The Role of Texture in Auditory Scene Analysis.
Using real-world noise signals, we found that the ability to hear in noise improves over the initial second of exposure to the background noise—substantially longer than the timescale previously reported for analogous tasks with simpler experimental stimuli. This relatively long timescale is broadly consistent with the growing literature on sound texture perception. Sound textures are thought to be perceptually represented in the form of time-averaged summary statistics (28) computed using averaging mechanisms with a temporal extent that depends on the texture stationarity (33) but is generally on the order of seconds.

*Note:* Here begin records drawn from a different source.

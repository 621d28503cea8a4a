// Theorems on ramified places.
ghost use Rattle.std.specs.Prelude.{ℕ};
ghost use Rattle.theory_rings.specs.Ring.{FieldOn};
ghost use Rattle.theory_rings.specs.Ops.{Ops, FieldLaws};
ghost use Rattle.theory_rings.specs.Elements.{Elem, elements};
ghost use Rattle.theory_spaces.specs.Module.{AlgebraOn};
ghost use Rattle.theory_spaces.specs.Valuation.{ValuationOn};
ghost use Rattle.theory_orders.specs.Uniformizer.{IsIntegral, UniformizerOn};
ghost use Rattle.theory_orders.specs.Ramified.{IsRamified};
ghost use Rattle.theory_orders.specs.RamifiedLaws.{RamifiedExcludesIsomorphism, RamifiedOrderIsMaximal};
ghost use Rattle.theory_orders.specs.RamifiedLaws.{RamifiedRadicalIsOnly};

use crate::order_laws::PlacedAlgebra;

/// An algebra with a ramified place is isomorphic to no algebra of all matrices of a size n ≥ 1.
pub fn ramified_excludes_isomorphism<A: PlacedAlgebra>()
    ensures { RamifiedExcludesIsomorphism A.field A.valuation A.p A.algebra A.dimension }
{}

/// The order of a ramified place is maximal: each order that is a lattice and holds it is it.
pub fn ramified_order_is_maximal<A: PlacedAlgebra>()
    ensures { RamifiedOrderIsMaximal A.field A.valuation A.p A.algebra A.dimension }
{}

/// The radical of a ramified place is the one maximal ideal over p·Λ and invertible, and p·Λ is a power of it.
pub fn radical_of_ramified_place<A: PlacedAlgebra>()
    ensures { RamifiedRadicalIsOnly A.field A.valuation A.p A.algebra A.dimension }
{}

/// A program's field with a valuation ring and a uniformizer p, which has the inverse q.
pub trait PlacedTuples {
    ghost Value: { Type 0 };

    ghost ops: { Ops Value };

    ghost laws: { FieldLaws ops };

    ghost valuation: { ValuationOn (elements ops laws) };

    ghost p: { Elem ops };

    ghost q: { Elem ops };

    ghost uniformizer: { UniformizerOn (elements ops laws) valuation p q };
}

/// A field with a valuation ring and a uniformizer p, whose inverse q is not integral.
pub trait Place {
    ghost Scalar: { Type 0 };

    ghost field: { FieldOn Scalar };

    ghost valuation: { ValuationOn field };

    ghost p: { Scalar };

    ghost q: { Scalar };

    ghost uniformizer: { UniformizerOn field valuation p q };

    ghost strict: { IsIntegral field valuation q → ⊥ };
}

/// There are ramified places: in the field with a square root of p, the integral pairs and the multiples of the root.
pub fn ramified_place_exists<P: Place>()
    ensures { (A : AlgebraOn P.field.ring (P.Scalar × P.Scalar)) × (v : ℕ → P.Scalar × P.Scalar)
        × (w : ℕ → P.Scalar × P.Scalar)
        × IsRamified P.field P.valuation P.p A 2 v w }
{}
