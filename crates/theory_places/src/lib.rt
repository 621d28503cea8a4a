// The places of a field of rational functions: the monic irreducible polynomials and infinity, what is integral there,
// the valuation rings with their uniformizers, valuations as numbers, residue fields, and the automorphism that puts
// 1/x for x; the same of the fractions over a program's field, and quaternions that are ramified at a place. It stands
// on theory_orders, theory_lattices, theory_residue, theory_tables and theory_fractions, and what is below them, and
// has no code: each public function does nothing, and its contract is a theorem.
//
// Read specs/Places first, then specs/Valuations, and then the contracts in place_laws; specs/FractionPlaces says the
// same of pairs of lists, with the laws in fraction_laws and ramified_laws. (Reiner, Maximal Orders, sections 4 and 5;
// Stichtenoth, Algebraic Function Fields and Codes, chapter 1.)
#![tactic(auto)]

pub mod fraction_laws;
pub mod place_laws;
pub mod ramified_laws;
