// Ramified places of tables over the fractions of a program's field.
ghost use Rattle.theory_rings.specs.Ops.{FieldLaws};
ghost use Rattle.theory_fractions.specs.FractionOps.{fraction_ops};
ghost use Rattle.theory_places.specs.FractionPlaces.{RamifiedPlaceExcludesSplit};
ghost use Rattle.theory_places.specs.Quaternions.{QuaternionsAreRamified, QuaternionsOverThree};

use theory_fractions::fraction_laws::ProgramField;

/// A table with a ramified place is split by matrices of no size m ≥ 1.
pub fn ramified_place_excludes_split<F: ProgramField>()
    ensures { (M : FieldLaws (fraction_ops F.ops F.laws)) → RamifiedPlaceExcludesSplit F.ops F.laws M }
{}

/// Where b is no square, the quaternions with j² = b are ramified at x, if i² = x, and at infinity, if i² = 1/x.
pub fn quaternions_are_ramified<F: ProgramField>()
    ensures { (M : FieldLaws (fraction_ops F.ops F.laws)) → QuaternionsAreRamified F.ops F.laws M }
{}

/// So are those over the field of three elements with j² = 2.
pub fn quaternions_over_three()
    ensures { QuaternionsOverThree }
{}
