// Theorems on the two-sided ideals of an order.
ghost use Rattle.std.specs.Prelude.{ℕ};
ghost use Rattle.theory_rings.specs.Ring.{RingOn, FieldOn};
ghost use Rattle.theory_spaces.specs.Module.{AlgebraOn, module_of};
ghost use Rattle.theory_spaces.specs.Linear.{Basis};
ghost use Rattle.theory_spaces.specs.Algebra.{Nondegenerate};
ghost use Rattle.theory_spaces.specs.Valuation.{ValuationOn};
ghost use Rattle.theory_orders.specs.Uniformizer.{UniformizerOn};
ghost use Rattle.theory_orders.specs.Orders.{IsOrder, IsIdeal, Products, Power, Multiple, LeftOrder, Within};
ghost use Rattle.theory_orders.specs.OrderLaws.{SimpleToElements, SimpleToTests, RadicalOfSimple, LeftOrderOver};
ghost use Rattle.theory_orders.specs.OrderLaws.{LeftOrderAt};

/// Two ideals of an order.
pub trait TwoIdeals {
    ghost Scalar: { Type 0 };

    ghost Vector: { Type 0 };

    ghost ring: { RingOn Scalar };

    ghost algebra: { AlgebraOn ring Vector };

    ghost Order: { Vector → Type 0 };

    ghost order: { IsOrder algebra Order };

    ghost Left: { Vector → Type 0 };

    ghost Right: { Vector → Type 0 };

    ghost left: { IsIdeal algebra Order Left };

    ghost right: { IsIdeal algebra Order Right };
}

/// Products and powers of ideals are ideals.
pub fn products_are_ideals<I: TwoIdeals>()
    ensures product { IsIdeal I.algebra I.Order (Products I.algebra I.Left I.Right) }
    ensures power { (e : ℕ) → IsIdeal I.algebra I.Order (Power I.algebra I.Left e) }
{}

/// The left order of an ideal over p·Λ is an order between Λ and p⁻¹·Λ.
pub fn left_order_between<I: TwoIdeals>()
    ensures order { IsOrder I.algebra (LeftOrder I.algebra I.Left) }
    ensures above { Within I.Order (LeftOrder I.algebra I.Left) }
    ensures below { (p : I.Scalar) → Within (Multiple I.algebra p I.Order) I.Left
        → (a : I.Vector) → LeftOrder I.algebra I.Left a → I.Order (I.algebra.◌•◌ p a) }
{}

/// An algebra with a basis over a field with a valuation ring and a uniformizer p, which has the inverse q.
pub trait PlacedAlgebra {
    ghost Scalar: { Type 0 };

    ghost Vector: { Type 0 };

    ghost field: { FieldOn Scalar };

    ghost valuation: { ValuationOn field };

    ghost p: { Scalar };

    ghost q: { Scalar };

    ghost uniformizer: { UniformizerOn field valuation p q };

    ghost algebra: { AlgebraOn field.ring Vector };

    ghost dimension: { ℕ };

    ghost basis: { Basis (module_of algebra) dimension };
}

/// The quotient of an order by an ideal is simple by tests just where it is simple by elements, for lattices; and an
/// ideal over p·Λ with a power in p·Λ and a simple quotient is the radical.
pub fn radical_tests_and_elements<A: PlacedAlgebra>()
    ensures to_elements { SimpleToElements A.field A.valuation A.algebra }
    ensures to_tests { SimpleToTests A.field A.valuation A.algebra }
    ensures radical { RadicalOfSimple A.field A.valuation A.algebra A.p }
{}

/// The left order of an ideal over p·Λ that is a lattice is an order at the place, whatever the trace form is.
pub fn left_order_over_is_an_order_at_the_place<A: PlacedAlgebra>()
    ensures { LeftOrderOver A.field A.valuation A.algebra A.p A.dimension }
{}

/// Where the trace form is nondegenerate, the left order of an ideal that is a lattice of full rank is an order at the
/// place: independent vectors, as many as the dimension, span it.
pub fn left_order_is_an_order_at_the_place<A: PlacedAlgebra>()
    ensures { Nondegenerate A.algebra A.dimension A.basis → LeftOrderAt A.field A.valuation A.algebra A.dimension }
{}
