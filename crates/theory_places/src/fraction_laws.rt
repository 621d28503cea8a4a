// The places of the fractions over a program's field.
ghost use Rattle.theory_rings.specs.Ops.{FieldLaws};
ghost use Rattle.theory_fractions.specs.FractionOps.{fraction_ops};
ghost use Rattle.theory_places.specs.FractionPlaces.{FractionPlacesAreValuationRings, FractionFiniteResidues};
ghost use Rattle.theory_places.specs.FractionPlaces.{FractionInfiniteResidue};

use theory_fractions::fraction_laws::ProgramField;

/// What is integral at a place is a discrete valuation ring, whose uniformizer, the polynomial or 1/x, is no unit.
pub fn fraction_places_are_valuation_rings<F: ProgramField>()
    ensures { (M : FieldLaws (fraction_ops F.ops F.laws)) → FractionPlacesAreValuationRings F.ops F.laws M }
{}

/// The residue field of a finite place is that of the remainders by its polynomial; that of infinity are the
/// coefficients.
pub fn residue_fields_of_fraction_places<F: ProgramField>()
    ensures finite { (M : FieldLaws (fraction_ops F.ops F.laws)) → FractionFiniteResidues F.ops F.laws M }
    ensures infinite { (M : FieldLaws (fraction_ops F.ops F.laws)) → FractionInfiniteResidue F.ops F.laws M }
{}
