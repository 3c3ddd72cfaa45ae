//! Who counts the sessions of each player.

ghost use Rattle.std.specs.Prelude.{Option, OnOk, OnErr};
ghost use Rattle.rtsp_traits.specs.Devices.{ShareCalls, Took, TurnedAway};

use thiserror::Error;

/// An address has as many sessions as it may have.
#[derive(Clone, Copy, Debug, PartialEq, Eq, Error)]
#[error("the address has its share of the sessions")]
pub struct ShareSpent;

/// Who counts the sessions of each player's address. Its refusals are counted.
pub trait Shares {
    /// What each call does, and how many places were refused, up to the greatest `u64`.
    ghost calls: { ShareCalls Self };

    /// Takes a place for one more session of a player at this IPv4 address, until it is settled.
    fn take(&mut self, peer: u32) -> Result<(), ShareSpent>
        ensures ok { OnOk result (Took calls peer self.old self.new) }
        ensures err { OnErr result (TurnedAway calls peer self.old self.new) };

    /// What became of the place that was taken last: the session of this number was opened, or none
    /// was.
    fn settle(&mut self, opened: Option<u64>)
        ensures { calls.settles self.old opened self.new };
}
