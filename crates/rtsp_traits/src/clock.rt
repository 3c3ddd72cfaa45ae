//! The moments of a server.

ghost use Rattle.std.specs.Prelude.{ℕ};

/// A clock that tells moments.
pub trait Clock {
    /// A clock before a call, the moment that it tells, and the clock after.
    ghost tells: { Self → ℕ → Self → Type 0 };

    /// The present moment, in milliseconds.
    fn now(&mut self) -> u64
        ensures { tells self.old result self.new };
}
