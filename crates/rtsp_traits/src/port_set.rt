//! A binder that opens no socket.

ghost use Rattle.std.specs.Prelude.{◌≡◌, ◌↔◌, IfOk, IsTrue, Some, None, slice_get};
ghost use Rattle.rtsp_traits.specs.PortSet.{calls, IsOwnPair, IsOwnPort, pair_place, port_place, NoneBound, IsOpenPair, IsOpenPort};

use rtsp_admit::{BindFault, Binder};
use std::alloc::{AllocError, Global};

/// The ports that are bound, pairs and single ones, each with its admission. No socket is opened.
/// It has the ports of some pairs, from its first port on. A pair has to begin with the first port
/// of one of these, and a single port may be either port of one; a bind of any other is a fault.
#[derive(Drop)]
pub struct PortSet {
    first_port: u16,
    // The admission of each pair that is bound, in the order of the ports.
    pairs: Vec<Option<u64>>,
    // The admission of each port that is bound alone.
    ports: Vec<Option<u64>>,
    failed: u64,
}

// Whether a pair begins at the first port of all, or some pairs above it.
fn is_own_pair(first: u16, pair: u16) -> bool
    ensures { IsTrue result ↔ IsOwnPair first pair }
{
    first <= pair && (pair - first) % 2 == 0
}

fn is_own_port(first: u16, port: u16) -> bool
    ensures { IsTrue result ↔ IsOwnPort first port }
{
    first <= port
}

// The place of a pair, by its first port and that of all.
fn pair_place(first: u16, pair: u16) -> usize
    ensures { result ≡ pair_place first pair }
{
    (pair.saturating_sub(first) / 2) as usize
}

// The place of a port, by the first of all.
fn port_place(first: u16, port: u16) -> usize
    ensures { result ≡ port_place first port }
{
    port.saturating_sub(first) as usize
}

// Whether the place is there, and free.
fn is_open(admissions: &[Option<u64>], place: usize) -> bool
    ensures { IsTrue result ↔ (slice_get admissions.now place ≡ Some None) }
{
    place < admissions.len() && admissions[place].is_none()
}

impl PortSet {
    /// A set of the ports of so many pairs from this one on, of which none is bound. All its memory
    /// is taken here.
    pub fn open(alloc: Global, first_port: u16, pairs: u16) -> Result<PortSet, AllocError>
        ensures { IfOk result (NoneBound first_port pairs) }
    {
        let pairs = pairs as usize;
        Ok(PortSet {
            first_port,
            pairs: Vec::from_elem(alloc, None, pairs)?,
            ports: Vec::from_elem(alloc, None, 2 * pairs)?,
            failed: 0,
        })
    }

    // Whether this is a pair of the set that is free, and so are its two ports.
    fn is_open_pair(&self, pair: u16) -> bool
        ensures { IsTrue result ↔ IsOpenPair self.now pair }
    {
        let first = port_place(self.first_port, pair);
        is_own_pair(self.first_port, pair)
            && is_open(&self.pairs, pair_place(self.first_port, pair))
            && is_open(&self.ports, first)
            && is_open(&self.ports, first + 1)
    }

    // Whether this is a port of the set that is free, and so is its pair.
    fn is_open_port(&self, port: u16) -> bool
        ensures { IsTrue result ↔ IsOpenPort self.now port }
    {
        is_own_port(self.first_port, port)
            && is_open(&self.ports, port_place(self.first_port, port))
            && is_open(&self.pairs, pair_place(self.first_port, port))
    }
}

impl Binder for PortSet {
    ghost calls = { calls };

    fn bind(&mut self, admission: u64, pair: u16) -> Result<(), BindFault> {
        if self.is_open_pair(pair) {
            let place = pair_place(self.first_port, pair);
            self.pairs[place] = Some(admission);
            return Ok(());
        }
        self.failed = self.failed.saturating_add(1);
        Err(BindFault)
    }

    fn unbind(&mut self, admission: u64, pair: u16) {
        let place = pair_place(self.first_port, pair);
        if is_own_pair(self.first_port, pair)
            && place < self.pairs.len()
            && self.pairs[place] == Some(admission)
        {
            self.pairs[place] = None;
        }
    }

    fn bind_port(&mut self, admission: u64, port: u16) -> Result<(), BindFault> {
        if self.is_open_port(port) {
            let place = port_place(self.first_port, port);
            self.ports[place] = Some(admission);
            return Ok(());
        }
        self.failed = self.failed.saturating_add(1);
        Err(BindFault)
    }

    fn unbind_port(&mut self, admission: u64, port: u16) {
        let place = port_place(self.first_port, port);
        if is_own_port(self.first_port, port)
            && place < self.ports.len()
            && self.ports[place] == Some(admission)
        {
            self.ports[place] = None;
        }
    }
}
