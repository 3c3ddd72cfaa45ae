//! Who learns of the plays that are begun.

ghost use Rattle.std.specs.Prelude.{OnOk, OnErr};
ghost use Rattle.rtsp_traits.specs.Devices.{PlayCalls};

use rtsp_record::Phase;
use std::alloc::{AllocError, Global};

/// Who learns of the plays that are begun, as the part that sends their packets.
pub trait Plays {
    /// What each call does.
    ghost calls: { PlayCalls Self };

    /// A play is to be begun: that of this session, for the PLAY of this CSeq and URI. All memory
    /// that is needed for it is taken here. Where there is none, nothing is noted, and the play is
    /// not begun.
    fn note(&mut self, alloc: Global, session: u64, cseq: u32, uri: &[u8]) -> Result<(), AllocError>
        ensures ok { OnOk result (calls.notes self.old session cseq uri.now self.new) }
        ensures err { OnErr result (calls.lacks self.old self.new) };

    /// The play noted last was begun, and this is the phase that its PLAY made; or it was refused.
    /// Its answer is ready, but perhaps not yet written. The session may have left the phase by now.
    fn settle(&mut self, begun: Option<Phase>)
        ensures { calls.settles self.old begun self.new };
}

Moreover, the detection of changes in texture statistics documented in previous studies improves across a temporal scale similar to that observed in our work (29, 30). Other experiments have indicated that texture properties are estimated separately from other sound sources (33) and are filled in when masked by other sounds (34). Our results provide further evidence that sound texture plays a critical role in auditory scene analysis, as its estimation benefits the detection, recognition, and localization of other concurrent sounds. This growing literature supports the idea that background noise properties are actively estimated by the auditory system even in the presence of other sound sources.
Reconsidering the Role of Noise.
Sound textures are ubiquitous in everyday listening, constituting the background noise of many real-world auditory scenes. Yet research on hearing in noise has devoted relatively little attention to the role of noise itself. We consider hearing in noise as a form of auditory scene analysis in which listeners must segregate concurrent foreground and background sources from one another. From this perspective, noise is another source to be estimated rather than suppressed (65). However, the segregation of multiple sound sources is only possible because of the statistical regularities of natural sounds. Previous work has shown that human listeners can quickly detect repeating patterns in the acoustic input and use this structure to facilitate source segregation in artificial auditory scenes (66–68). The present results complement these findings by showing that the predictable statistical structure of noise is used to aid source segregation in natural auditory scenes.
Future Directions.
Reverberation is another element of sound often thought of as a distortion that the auditory system must suppress to improve hearing in acoustic environments characteristically encountered in daily life (15, 69–71). It is analogously possible that the estimation, rather than suppression, of reverberation might help to recover the underlying sound source (72, 73). Thus, robustness to reverberation may be aided by an internal model of the statistical regularities that characterize real-world reverberation (72). Schemas of room reverberation may also be built up through short-term exposure to room-specific reverberation (74–77).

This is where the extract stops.